PROBLEM TO WORK ON:
In the entries that follow, find the line containing "comes where there", then output exactly every line from the first through that one.
************
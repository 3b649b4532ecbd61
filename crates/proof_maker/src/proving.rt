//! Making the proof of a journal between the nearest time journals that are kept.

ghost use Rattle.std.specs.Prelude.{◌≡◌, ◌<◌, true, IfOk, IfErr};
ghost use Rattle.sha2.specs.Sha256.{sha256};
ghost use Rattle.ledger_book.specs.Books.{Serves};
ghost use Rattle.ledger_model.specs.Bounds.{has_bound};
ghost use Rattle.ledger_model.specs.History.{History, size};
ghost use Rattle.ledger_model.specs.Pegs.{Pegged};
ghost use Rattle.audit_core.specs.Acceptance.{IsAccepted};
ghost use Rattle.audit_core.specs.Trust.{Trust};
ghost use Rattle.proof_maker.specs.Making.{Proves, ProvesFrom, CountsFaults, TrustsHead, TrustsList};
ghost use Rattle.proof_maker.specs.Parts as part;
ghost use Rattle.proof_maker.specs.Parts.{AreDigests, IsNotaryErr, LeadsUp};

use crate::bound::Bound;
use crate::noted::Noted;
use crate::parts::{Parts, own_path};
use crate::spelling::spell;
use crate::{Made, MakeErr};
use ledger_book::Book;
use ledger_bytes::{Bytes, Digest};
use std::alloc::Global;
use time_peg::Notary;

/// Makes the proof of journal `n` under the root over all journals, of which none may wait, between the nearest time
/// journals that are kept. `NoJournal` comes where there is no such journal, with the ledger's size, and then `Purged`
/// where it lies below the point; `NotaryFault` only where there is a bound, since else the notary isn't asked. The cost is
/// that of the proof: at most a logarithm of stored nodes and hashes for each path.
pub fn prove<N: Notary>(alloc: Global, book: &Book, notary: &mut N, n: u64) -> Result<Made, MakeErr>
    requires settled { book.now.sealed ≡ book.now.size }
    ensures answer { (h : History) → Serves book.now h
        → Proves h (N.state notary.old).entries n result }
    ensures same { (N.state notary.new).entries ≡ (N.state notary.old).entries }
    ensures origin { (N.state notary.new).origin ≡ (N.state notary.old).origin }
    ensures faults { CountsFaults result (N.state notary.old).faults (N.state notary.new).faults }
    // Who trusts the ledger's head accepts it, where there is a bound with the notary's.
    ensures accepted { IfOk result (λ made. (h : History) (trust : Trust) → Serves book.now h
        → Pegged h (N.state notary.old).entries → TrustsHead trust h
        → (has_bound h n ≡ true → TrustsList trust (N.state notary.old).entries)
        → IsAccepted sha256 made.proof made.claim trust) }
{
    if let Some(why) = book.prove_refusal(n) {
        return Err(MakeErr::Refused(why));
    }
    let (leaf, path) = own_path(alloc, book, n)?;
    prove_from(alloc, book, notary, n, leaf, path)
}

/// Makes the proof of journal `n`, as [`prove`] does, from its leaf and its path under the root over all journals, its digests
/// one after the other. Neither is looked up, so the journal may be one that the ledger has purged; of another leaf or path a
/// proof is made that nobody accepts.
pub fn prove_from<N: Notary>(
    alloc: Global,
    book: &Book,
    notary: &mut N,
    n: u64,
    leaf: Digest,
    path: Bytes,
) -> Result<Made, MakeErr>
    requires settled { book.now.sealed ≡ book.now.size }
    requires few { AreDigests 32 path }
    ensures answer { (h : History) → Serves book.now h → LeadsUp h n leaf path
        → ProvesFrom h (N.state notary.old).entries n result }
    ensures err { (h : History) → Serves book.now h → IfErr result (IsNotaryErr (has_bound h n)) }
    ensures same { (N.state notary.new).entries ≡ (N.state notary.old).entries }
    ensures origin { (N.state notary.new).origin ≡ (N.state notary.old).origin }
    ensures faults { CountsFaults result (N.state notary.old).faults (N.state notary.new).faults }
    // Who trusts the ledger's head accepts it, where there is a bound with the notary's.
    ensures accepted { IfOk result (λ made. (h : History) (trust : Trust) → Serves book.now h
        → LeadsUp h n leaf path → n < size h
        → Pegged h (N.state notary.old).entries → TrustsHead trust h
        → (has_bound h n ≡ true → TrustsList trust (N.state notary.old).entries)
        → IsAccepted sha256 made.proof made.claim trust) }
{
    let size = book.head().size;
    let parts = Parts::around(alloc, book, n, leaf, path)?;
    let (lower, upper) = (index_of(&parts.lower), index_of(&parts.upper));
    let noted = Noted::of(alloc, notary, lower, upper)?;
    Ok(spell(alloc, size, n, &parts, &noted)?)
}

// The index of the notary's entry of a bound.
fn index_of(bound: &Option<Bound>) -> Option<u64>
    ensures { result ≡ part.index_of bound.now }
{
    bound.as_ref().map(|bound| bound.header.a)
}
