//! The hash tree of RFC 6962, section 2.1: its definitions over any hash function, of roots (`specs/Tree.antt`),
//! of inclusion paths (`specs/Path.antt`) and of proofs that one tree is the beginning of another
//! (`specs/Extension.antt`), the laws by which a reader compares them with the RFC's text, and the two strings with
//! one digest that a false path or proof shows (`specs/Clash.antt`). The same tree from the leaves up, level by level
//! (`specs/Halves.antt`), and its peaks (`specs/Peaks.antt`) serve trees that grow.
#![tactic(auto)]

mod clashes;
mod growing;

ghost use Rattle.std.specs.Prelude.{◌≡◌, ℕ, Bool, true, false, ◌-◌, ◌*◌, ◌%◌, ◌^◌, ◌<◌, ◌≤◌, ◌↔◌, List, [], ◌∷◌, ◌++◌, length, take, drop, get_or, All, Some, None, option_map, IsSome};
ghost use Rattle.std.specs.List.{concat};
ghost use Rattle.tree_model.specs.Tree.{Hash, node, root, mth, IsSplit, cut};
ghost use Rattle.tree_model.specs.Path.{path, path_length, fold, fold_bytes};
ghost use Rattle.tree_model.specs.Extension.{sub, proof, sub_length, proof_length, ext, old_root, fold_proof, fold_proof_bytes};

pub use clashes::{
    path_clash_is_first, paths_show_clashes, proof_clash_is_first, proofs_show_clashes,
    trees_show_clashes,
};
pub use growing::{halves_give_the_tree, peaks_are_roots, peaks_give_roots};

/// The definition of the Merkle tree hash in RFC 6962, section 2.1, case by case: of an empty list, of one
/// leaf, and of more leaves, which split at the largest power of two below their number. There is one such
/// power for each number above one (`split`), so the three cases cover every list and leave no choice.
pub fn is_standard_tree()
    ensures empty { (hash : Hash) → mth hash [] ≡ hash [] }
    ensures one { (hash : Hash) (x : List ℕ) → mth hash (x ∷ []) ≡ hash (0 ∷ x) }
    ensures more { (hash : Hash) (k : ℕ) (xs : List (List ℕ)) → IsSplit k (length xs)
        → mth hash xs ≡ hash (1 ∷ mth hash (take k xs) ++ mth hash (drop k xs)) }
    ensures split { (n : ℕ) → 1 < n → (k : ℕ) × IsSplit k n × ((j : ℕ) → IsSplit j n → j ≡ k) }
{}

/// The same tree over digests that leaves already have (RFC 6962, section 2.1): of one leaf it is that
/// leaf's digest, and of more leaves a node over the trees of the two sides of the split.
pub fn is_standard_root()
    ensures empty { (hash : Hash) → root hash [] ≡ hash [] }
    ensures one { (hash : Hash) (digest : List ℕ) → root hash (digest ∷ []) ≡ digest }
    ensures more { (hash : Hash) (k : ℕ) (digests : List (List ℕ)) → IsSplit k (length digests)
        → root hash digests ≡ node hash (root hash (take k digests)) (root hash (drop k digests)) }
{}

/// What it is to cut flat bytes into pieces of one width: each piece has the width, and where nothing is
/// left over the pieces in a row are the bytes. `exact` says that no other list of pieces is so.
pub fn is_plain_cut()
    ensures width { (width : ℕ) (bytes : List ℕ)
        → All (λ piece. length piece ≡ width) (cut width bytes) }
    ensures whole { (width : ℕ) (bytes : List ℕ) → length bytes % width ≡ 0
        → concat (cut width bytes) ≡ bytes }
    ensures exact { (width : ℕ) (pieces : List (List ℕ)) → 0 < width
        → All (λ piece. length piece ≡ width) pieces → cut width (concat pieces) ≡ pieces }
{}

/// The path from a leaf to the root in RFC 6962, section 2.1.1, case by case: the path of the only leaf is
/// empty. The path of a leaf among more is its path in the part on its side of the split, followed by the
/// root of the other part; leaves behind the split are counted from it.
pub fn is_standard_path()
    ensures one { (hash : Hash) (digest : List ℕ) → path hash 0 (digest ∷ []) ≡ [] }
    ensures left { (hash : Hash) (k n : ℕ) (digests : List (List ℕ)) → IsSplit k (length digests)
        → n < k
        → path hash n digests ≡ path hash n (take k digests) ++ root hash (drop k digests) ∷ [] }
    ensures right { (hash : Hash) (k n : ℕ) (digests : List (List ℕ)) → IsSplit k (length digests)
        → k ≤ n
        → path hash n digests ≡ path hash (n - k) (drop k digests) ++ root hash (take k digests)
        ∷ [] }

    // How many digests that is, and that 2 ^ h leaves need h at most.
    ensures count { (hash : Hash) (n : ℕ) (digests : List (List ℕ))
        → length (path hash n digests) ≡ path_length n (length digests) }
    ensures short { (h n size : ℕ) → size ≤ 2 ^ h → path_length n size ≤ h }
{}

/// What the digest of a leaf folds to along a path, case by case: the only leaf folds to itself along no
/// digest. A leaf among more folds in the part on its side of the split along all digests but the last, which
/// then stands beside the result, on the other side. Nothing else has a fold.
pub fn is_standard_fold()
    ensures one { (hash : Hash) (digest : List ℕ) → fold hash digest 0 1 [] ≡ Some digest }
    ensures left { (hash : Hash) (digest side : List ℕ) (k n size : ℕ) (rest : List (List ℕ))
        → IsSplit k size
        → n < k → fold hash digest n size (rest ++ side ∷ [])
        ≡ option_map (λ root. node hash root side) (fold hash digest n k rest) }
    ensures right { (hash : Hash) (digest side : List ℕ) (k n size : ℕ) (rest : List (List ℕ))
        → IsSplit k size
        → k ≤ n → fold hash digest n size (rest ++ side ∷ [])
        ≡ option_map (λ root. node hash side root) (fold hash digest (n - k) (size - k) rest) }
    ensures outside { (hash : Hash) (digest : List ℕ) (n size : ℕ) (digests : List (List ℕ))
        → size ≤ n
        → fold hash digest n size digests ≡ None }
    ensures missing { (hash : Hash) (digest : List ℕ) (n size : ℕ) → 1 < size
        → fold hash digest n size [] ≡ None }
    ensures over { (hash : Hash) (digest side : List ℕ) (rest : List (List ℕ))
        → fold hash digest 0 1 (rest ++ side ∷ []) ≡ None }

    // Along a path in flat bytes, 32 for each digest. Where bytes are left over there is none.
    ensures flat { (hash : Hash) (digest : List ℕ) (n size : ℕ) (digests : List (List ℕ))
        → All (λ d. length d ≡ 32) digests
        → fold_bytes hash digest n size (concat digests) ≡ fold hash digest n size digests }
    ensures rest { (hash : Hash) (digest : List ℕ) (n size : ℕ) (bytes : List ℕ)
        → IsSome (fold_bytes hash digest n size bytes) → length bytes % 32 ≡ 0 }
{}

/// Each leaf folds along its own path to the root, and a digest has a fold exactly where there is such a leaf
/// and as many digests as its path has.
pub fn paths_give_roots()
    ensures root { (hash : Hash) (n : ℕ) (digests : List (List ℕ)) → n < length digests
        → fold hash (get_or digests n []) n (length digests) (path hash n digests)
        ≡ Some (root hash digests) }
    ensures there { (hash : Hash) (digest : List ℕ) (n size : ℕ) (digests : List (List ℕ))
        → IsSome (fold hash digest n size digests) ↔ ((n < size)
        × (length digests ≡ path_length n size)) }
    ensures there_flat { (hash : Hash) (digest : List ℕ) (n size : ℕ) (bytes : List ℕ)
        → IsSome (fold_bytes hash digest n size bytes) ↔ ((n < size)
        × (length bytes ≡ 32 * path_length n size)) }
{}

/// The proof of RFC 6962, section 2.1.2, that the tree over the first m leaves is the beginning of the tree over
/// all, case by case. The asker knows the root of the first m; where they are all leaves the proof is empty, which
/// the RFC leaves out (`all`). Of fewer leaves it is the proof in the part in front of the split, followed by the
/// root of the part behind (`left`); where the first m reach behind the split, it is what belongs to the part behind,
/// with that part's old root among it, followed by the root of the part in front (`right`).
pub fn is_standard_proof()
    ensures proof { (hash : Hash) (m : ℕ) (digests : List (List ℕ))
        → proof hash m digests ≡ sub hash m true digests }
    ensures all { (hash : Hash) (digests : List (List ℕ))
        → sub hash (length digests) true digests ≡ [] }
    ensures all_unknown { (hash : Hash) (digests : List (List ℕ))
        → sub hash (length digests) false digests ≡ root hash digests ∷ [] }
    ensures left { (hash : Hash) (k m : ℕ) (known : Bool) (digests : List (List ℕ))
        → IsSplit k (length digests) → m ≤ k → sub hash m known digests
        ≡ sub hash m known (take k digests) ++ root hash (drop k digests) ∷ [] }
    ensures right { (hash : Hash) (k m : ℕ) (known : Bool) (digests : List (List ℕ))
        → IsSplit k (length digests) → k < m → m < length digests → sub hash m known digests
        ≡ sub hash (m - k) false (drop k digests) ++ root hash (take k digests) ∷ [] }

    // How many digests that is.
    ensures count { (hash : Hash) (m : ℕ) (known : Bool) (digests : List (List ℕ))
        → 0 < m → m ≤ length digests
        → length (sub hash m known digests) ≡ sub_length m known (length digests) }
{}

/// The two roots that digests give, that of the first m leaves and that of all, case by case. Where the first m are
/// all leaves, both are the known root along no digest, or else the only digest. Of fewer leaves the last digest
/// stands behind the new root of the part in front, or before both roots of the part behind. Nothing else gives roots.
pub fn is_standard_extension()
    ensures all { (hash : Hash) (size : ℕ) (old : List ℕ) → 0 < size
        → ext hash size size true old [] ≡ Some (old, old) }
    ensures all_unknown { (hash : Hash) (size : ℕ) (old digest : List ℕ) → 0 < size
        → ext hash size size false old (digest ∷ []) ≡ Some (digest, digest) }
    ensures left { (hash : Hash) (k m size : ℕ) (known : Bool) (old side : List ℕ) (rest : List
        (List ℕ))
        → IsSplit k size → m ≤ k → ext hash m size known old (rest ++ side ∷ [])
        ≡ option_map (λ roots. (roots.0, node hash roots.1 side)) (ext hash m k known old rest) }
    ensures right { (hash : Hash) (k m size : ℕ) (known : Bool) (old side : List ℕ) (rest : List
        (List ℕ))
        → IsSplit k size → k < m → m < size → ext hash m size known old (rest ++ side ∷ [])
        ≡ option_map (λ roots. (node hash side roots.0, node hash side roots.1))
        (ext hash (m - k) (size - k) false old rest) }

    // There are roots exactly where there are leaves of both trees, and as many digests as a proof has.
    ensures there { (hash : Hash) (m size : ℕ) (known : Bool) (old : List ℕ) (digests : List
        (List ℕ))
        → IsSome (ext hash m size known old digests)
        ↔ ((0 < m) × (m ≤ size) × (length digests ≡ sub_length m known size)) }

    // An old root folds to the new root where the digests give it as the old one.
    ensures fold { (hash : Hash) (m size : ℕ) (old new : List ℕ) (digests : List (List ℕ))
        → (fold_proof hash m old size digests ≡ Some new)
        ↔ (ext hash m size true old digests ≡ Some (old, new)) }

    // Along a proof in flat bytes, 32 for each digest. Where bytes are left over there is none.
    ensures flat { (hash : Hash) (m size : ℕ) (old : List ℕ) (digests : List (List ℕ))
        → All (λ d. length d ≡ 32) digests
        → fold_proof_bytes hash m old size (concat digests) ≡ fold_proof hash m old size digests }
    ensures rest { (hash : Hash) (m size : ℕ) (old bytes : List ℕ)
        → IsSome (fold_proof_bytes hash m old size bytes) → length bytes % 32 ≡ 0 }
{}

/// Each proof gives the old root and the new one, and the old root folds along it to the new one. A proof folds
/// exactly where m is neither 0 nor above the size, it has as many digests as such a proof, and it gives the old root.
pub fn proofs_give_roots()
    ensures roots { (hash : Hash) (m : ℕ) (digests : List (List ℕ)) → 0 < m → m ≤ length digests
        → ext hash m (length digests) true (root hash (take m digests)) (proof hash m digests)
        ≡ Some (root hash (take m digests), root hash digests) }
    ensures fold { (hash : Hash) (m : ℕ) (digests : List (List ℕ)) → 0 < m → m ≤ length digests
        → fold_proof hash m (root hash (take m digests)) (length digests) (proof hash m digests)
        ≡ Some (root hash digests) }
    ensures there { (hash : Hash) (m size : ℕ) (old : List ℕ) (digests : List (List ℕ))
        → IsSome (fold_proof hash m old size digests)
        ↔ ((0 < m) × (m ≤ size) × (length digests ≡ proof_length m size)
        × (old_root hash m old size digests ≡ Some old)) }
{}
************
PROBLEM SOLUTION:
repository 3b649b4532ecbd61
filename crates/proof_maker/src/proving.rt
//! Making the proof of a journal between the nearest time journals that are kept.

ghost use Rattle.std.specs.Prelude.{◌≡◌, ◌<◌, true, IfOk, IfErr};
ghost use Rattle.sha2.specs.Sha256.{sha256};
ghost use Rattle.ledger_book.specs.Books.{Serves};
ghost use Rattle.ledger_model.specs.Bounds.{has_bound};
ghost use Rattle.ledger_model.specs.History.{History, size};
ghost use Rattle.ledger_model.specs.Pegs.{Pegged};
ghost use Rattle.audit_core.specs.Acceptance.{IsAccepted};
ghost use Rattle.audit_core.specs.Trust.{Trust};
ghost use Rattle.proof_maker.specs.Making.{Proves, ProvesFrom, CountsFaults, TrustsHead, TrustsList};
ghost use Rattle.proof_maker.specs.Parts as part;
ghost use Rattle.proof_maker.specs.Parts.{AreDigests, IsNotaryErr, LeadsUp};

use crate::bound::Bound;
use crate::noted::Noted;
use crate::parts::{Parts, own_path};
use crate::spelling::spell;
use crate::{Made, MakeErr};
use ledger_book::Book;
use ledger_bytes::{Bytes, Digest};
use std::alloc::Global;
use time_peg::Notary;

/// Makes the proof of journal `n` under the root over all journals, of which none may wait, between the nearest time
/// journals that are kept. `NoJournal` comes where there is no such journal, with the ledger's size, and then `Purged`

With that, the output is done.